**WORK ITEM:**
Retyping the records exactly, down to the last line, is the whole job.

RECORDS FOR PROCESSING Block Start

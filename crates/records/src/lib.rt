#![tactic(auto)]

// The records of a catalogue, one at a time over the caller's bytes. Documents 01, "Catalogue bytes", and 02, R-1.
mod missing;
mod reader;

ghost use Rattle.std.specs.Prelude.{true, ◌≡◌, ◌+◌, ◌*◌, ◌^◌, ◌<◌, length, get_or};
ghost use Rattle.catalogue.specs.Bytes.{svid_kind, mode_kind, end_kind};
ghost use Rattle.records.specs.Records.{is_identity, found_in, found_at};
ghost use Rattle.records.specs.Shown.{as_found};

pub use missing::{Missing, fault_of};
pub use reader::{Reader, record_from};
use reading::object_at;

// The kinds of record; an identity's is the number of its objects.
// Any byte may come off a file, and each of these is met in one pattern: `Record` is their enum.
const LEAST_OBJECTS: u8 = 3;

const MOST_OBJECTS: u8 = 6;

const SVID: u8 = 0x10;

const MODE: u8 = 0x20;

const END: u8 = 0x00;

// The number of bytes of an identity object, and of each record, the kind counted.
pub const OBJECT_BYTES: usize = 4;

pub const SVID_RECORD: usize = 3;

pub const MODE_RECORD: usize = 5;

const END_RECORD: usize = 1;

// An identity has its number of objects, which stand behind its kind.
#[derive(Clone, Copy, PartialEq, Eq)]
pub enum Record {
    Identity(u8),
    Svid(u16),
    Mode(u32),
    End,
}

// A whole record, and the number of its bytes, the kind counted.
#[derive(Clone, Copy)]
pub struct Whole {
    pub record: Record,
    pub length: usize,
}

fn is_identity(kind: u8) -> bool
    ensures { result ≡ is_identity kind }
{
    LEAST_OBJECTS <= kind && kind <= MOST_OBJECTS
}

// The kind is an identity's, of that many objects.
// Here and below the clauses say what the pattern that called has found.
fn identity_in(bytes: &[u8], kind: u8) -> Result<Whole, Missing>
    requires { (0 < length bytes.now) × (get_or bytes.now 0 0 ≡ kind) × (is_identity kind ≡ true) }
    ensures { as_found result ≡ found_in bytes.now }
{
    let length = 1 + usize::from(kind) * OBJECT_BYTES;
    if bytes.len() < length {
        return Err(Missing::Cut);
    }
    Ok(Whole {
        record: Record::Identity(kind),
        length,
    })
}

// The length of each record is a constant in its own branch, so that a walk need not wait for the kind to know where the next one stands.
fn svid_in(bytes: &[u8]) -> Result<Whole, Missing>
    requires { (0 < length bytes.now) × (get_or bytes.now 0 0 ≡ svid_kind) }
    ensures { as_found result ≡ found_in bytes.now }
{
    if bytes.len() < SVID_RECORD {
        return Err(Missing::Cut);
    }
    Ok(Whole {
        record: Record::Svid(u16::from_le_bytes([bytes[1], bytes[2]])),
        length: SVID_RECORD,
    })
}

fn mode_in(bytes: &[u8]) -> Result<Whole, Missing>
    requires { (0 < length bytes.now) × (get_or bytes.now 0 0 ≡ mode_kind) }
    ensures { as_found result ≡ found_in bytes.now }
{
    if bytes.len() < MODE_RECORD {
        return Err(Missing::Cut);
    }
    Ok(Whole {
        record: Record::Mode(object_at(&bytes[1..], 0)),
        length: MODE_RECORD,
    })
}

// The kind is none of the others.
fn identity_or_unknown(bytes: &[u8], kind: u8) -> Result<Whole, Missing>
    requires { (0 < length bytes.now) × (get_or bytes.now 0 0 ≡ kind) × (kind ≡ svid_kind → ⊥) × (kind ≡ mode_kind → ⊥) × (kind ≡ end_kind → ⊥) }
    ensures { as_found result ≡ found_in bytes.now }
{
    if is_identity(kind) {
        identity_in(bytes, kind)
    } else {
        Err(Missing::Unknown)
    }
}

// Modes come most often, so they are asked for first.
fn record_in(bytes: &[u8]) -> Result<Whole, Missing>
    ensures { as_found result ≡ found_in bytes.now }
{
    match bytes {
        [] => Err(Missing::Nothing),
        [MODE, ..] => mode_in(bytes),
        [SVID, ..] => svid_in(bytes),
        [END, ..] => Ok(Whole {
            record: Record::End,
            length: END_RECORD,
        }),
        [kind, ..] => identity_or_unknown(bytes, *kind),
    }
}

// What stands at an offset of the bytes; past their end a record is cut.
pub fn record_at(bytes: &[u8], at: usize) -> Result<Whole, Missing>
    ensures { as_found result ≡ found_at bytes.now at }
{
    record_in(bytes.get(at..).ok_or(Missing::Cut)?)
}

RECORDS FOR PROCESSING Block End

**RESPONSE TO THE EXERCISE:**
filename crates/records/src/lib.rt
#![tactic(auto)]

// The records of a catalogue, one at a time over the caller's bytes. Documents 01, "Catalogue bytes", and 02, R-1.
mod missing;
mod reader;

ghost use Rattle.std.specs.Prelude.{true, ◌≡◌, ◌+◌, ◌*◌, ◌^◌, ◌<◌, length, get_or};
ghost use Rattle.catalogue.specs.Bytes.{svid_kind, mode_kind, end_kind};
ghost use Rattle.records.specs.Records.{is_identity, found_in, found_at};
ghost use Rattle.records.specs.Shown.{as_found};

pub use missing::{Missing, fault_of};
pub use reader::{Reader, record_from};
use reading::object_at;

// The kinds of record; an identity's is the number of its objects.
// Any byte may come off a file, and each of these is met in one pattern: `Record` is their enum.
const LEAST_OBJECTS: u8 = 3;

const MOST_OBJECTS: u8 = 6;

const SVID: u8 = 0x10;

const MODE: u8 = 0x20;

const END: u8 = 0x00;

// The number of bytes of an identity object, and of each record, the kind counted.
pub const OBJECT_BYTES: usize = 4;

pub const SVID_RECORD: usize = 3;

pub const MODE_RECORD: usize = 5;

const END_RECORD: usize = 1;

// An identity has its number of objects, which stand behind its kind.
#[derive(Clone, Copy, PartialEq, Eq)]
pub enum Record {
    Identity(u8),
    Svid(u16),
    Mode(u32),
    End,
}

// A whole record, and the number of its bytes, the kind counted.
#[derive(Clone, Copy)]
pub struct Whole {
    pub record: Record,
    pub length: usize,
}

fn is_identity(kind: u8) -> bool
    ensures { result ≡ is_identity kind }
{
    LEAST_OBJECTS <= kind && kind <= MOST_OBJECTS
}

// The kind is an identity's, of that many objects.
// Here and below the clauses say what the pattern that called has found.
fn identity_in(bytes: &[u8], kind: u8) -> Result<Whole, Missing>
    requires { (0 < length bytes.now) × (get_or bytes.now 0 0 ≡ kind) × (is_identity kind ≡ true) }
    ensures { as_found result ≡ found_in bytes.now }
{
    let length = 1 + usize::from(kind) * OBJECT_BYTES;
    if bytes.len() < length {
        return Err(Missing::Cut);
    }
    Ok(Whole {
        record: Record::Identity(kind),
        length,
    })
}

// The length of each record is a constant in its own branch, so that a walk need not wait for the kind to know where the next one stands.
fn svid_in(bytes: &[u8]) -> Result<Whole, Missing>
    requires { (0 < length bytes.now) × (get_or bytes.now 0 0 ≡ svid_kind) }
    ensures { as_found result ≡ found_in bytes.now }
{
    if bytes.len() < SVID_RECORD {
        return Err(Missing::Cut);
    }
    Ok(Whole {
        record: Record::Svid(u16::from_le_bytes([bytes[1], bytes[2]])),
        length: SVID_RECORD,
    })
}

fn mode_in(bytes: &[u8]) -> Result<Whole, Missing>
    requires { (0 < length bytes.now) × (get_or bytes.now 0 0 ≡ mode_kind) }
    ensures { as_found result ≡ found_in bytes.now }
{
    if bytes.len() < MODE_RECORD {
        return Err(Missing::Cut);
    }
    Ok(Whole {
        record: Record::Mode(object_at(&bytes[1..], 0)),
        length: MODE_RECORD,
    })
}

// The kind is none of the others.
fn identity_or_unknown(bytes: &[u8], kind: u8) -> Result<Whole, Missing>
    requires { (0 < length bytes.now) × (get_or bytes.now 0 0 ≡ kind) × (kind ≡ svid_kind → ⊥) × (kind ≡ mode_kind → ⊥) × (kind ≡ end_kind → ⊥) }
    ensures { as_found result ≡ found_in bytes.now }
{
    if is_identity(kind) {
        identity_in(bytes, kind)
    } else {
        Err(Missing::Unknown)
    }
}

// Modes come most often, so they are asked for first.
fn record_in(bytes: &[u8]) -> Result<Whole, Missing>
    ensures { as_found result ≡ found_in bytes.now }
{
    match bytes {
        [] => Err(Missing::Nothing),
        [MODE, ..] => mode_in(bytes),
        [SVID, ..] => svid_in(bytes),
        [END, ..] => Ok(Whole {
            record: Record::End,
            length: END_RECORD,
        }),
        [kind, ..] => identity_or_unknown(bytes, *kind),
    }
}

// What stands at an offset of the bytes; past their end a record is cut.
pub fn record_at(bytes: &[u8], at: usize) -> Result<Whole, Missing>
    ensures { as_found result ≡ found_at bytes.now at }
{
    record_in(bytes.get(at..).ok_or(Missing::Cut)?)
}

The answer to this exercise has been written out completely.